There might be better ways to do this, but here's my general pattern for prompting with JSON Schema:
from jsonschema import validate
s = {
"$schema": "https://json-schema.org/draft/2020-12/schema",
...
}
assert validate(instance=data, schema=s)
json.dumps(data) ==
Here, we define a schema, s
, and tell GPT that our imaginary data
adheres to this schema. We then ask it to fill-in the right-hand side of the json.dumps(data)
expression, which will produce our desired JSON.
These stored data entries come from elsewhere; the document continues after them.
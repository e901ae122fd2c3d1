// A block, once read and then shared.
ghost use Rattle.std.specs.Prelude.{◌≡◌, [], IfOk, length};
ghost use Rattle.seg_codec.specs.declared.blocks.BlockEntry.{BlockEntry};
ghost use Rattle.disk_index.specs.Blocks.{places_of};

use ri_base::{List, NoMemory};
use seg_codec::BlockEntry;
use std::alloc::{AllocError, Global};
use std::marker::Model;
use std::rc::Rc;

/// The places of a term in the documents of a range of 64 ids, seen as the list of its entries. They are shared.
#[derive(Drop)]
pub struct Block {
    shared: Rc<seg_codec::Block>,
}

impl Model for Block {
    ghost use Rattle.std.specs.Prelude.{List};
    ghost use Rattle.seg_codec.specs.declared.blocks.BlockEntry.{BlockEntry};

    ghost Value = { List BlockEntry };

    ghost view = { λ b. b.shared.value.entries };
}

impl Block {
    /// The block that was read.
    pub(crate) fn of(alloc: Global, block: seg_codec::Block) -> Result<Block, NoMemory>
        ensures { IfOk result (λ b. b ≡ block.entries) }
    {
        Ok(Block {
            shared: Rc::new(alloc, block).map_err(AllocError::from)?,
        })
    }

    /// The block without entries.
    pub(crate) fn empty(alloc: Global) -> Result<Block, NoMemory>
        ensures { IfOk result (λ b. b ≡ []) }
    {
        Block::of(
            alloc,
            seg_codec::Block {
                entries: List::new(alloc),
            },
        )
    }

    /// The same block once more; none of it is copied.
    pub fn share(&self) -> Result<Block, NoMemory>
        ensures { IfOk result (λ b. b ≡ self.now) }
    {
        Ok(Block {
            shared: self.shared.clone()?,
        })
    }

    /// Its entries, by rising id.
    pub fn entries(&self) -> &[BlockEntry]
        ensures { result.now ≡ self.now }
    {
        self.shared.entries.as_slice()
    }

    /// The places in the document with this id.
    pub fn places(&self, id: u32) -> &[u32]
        ensures { result.now ≡ places_of id self.now }
    {
        places_in(self.entries(), id)
    }
}

fn places_in(entries: &[BlockEntry], id: u32) -> &[u32]
    ensures { result.now ≡ places_of id entries.now }
{
    for entry in entries {
        if entry.id == id {
            return entry.positions.as_slice();
        }
    }
    &[]
}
With this basic approach, you can now define the schema for any kind of data, and GPT will give it back to you. It's easy to experiment by taking some example schemas. Here's one:
from jsonschema import validate
s = {
"$schema": "https://json-schema.org/draft/2020-12/schema",
"title": "Longitude and Latitude Values",
"description": "A geographical coordinate.",
"required": [ "latitude", "longitude" ],
"type": "object",
"properties": {
"latitude": {
"type": "number",
"minimum": -90,
"maximum": 90
},
"longitude": {
"type": "number",
"minimum": -180,
"maximum": 180
}
}
}
assert validate(instance=data, schema=s)
json.dumps(data) ==
Not surprisingly, GPT responds like so:
{
"latitude": 45.4,
"longitude": -75.7
}
We could bake more description and form into the prompt via the schema, too. Let's say we want this to be an array of 5 capital cities in Canada. We also want to include the area codes in a specific format. With the schema, I can accomplish all of this without needing to add anything else to the prompt's text (i.e., I don't have to fight with natural language to describe my end goal--the schema includes both):
from jsonschema import validate
s = {
"$schema": "https://json-schema.org/draft/2020-12/schema",
"title": "Capital Cities in Canada",
"type": "array",
"minItems": 4,
"maxItems": 5,
"uniqueItems": true,
"items" : {
"required": [ "latitude", "longitude", "name", "codes" ],
"type": "object",
"properties": {
"name": { type: "string" },
"codes": {
"type": "array",
"description": "All area codes for the city",
"items": {
"type": "string",
"pattern": "\(\d{3}\)"
},
},
"latitude": {
"type": "number",
"minimum": -90,
"maximum": 90
},
"longitude": {
"type": "number",
"minimum": -180,
"maximum": 180
}
}
}
}
assert validate(instance=data, schema=s)
json.dumps(data) ==
Again, GPT is happy to give me exactly what I've asked for:
[
{
"name": "Ottawa",
"codes": ["(613)"],
"latitude": 45.4215,
"longitude": 75.6972
},
{
"name": "Victoria",
"codes": ["(250)"],
"latitude": 48.4284,
"longitude": -123.3656
},
{
"name": "Edmonton",
"codes": ["(780)", "(587)"],
"latitude": 53.5444,
"longitude": -113.4909
},
{
"name": "Winnipeg",
"codes": ["(204)"],
"latitude": 49.8951,
"longitude": -97.1384
},
{
"name": "Toronto",
"codes": ["(416)", "(647)", "(437)"],
"latitude": 43.7001,
"longitude": -79.4163
}
]
The JSON Schema docs are full of examples of how you can use enums, structure complex types, etc. So far, it's been able to handle everything I've thrown at it.
Likely this approach isn't new, just new to me. But in case you want to use GPT for data generation, I wanted to share how this works. It's been really expressive and powerful for me.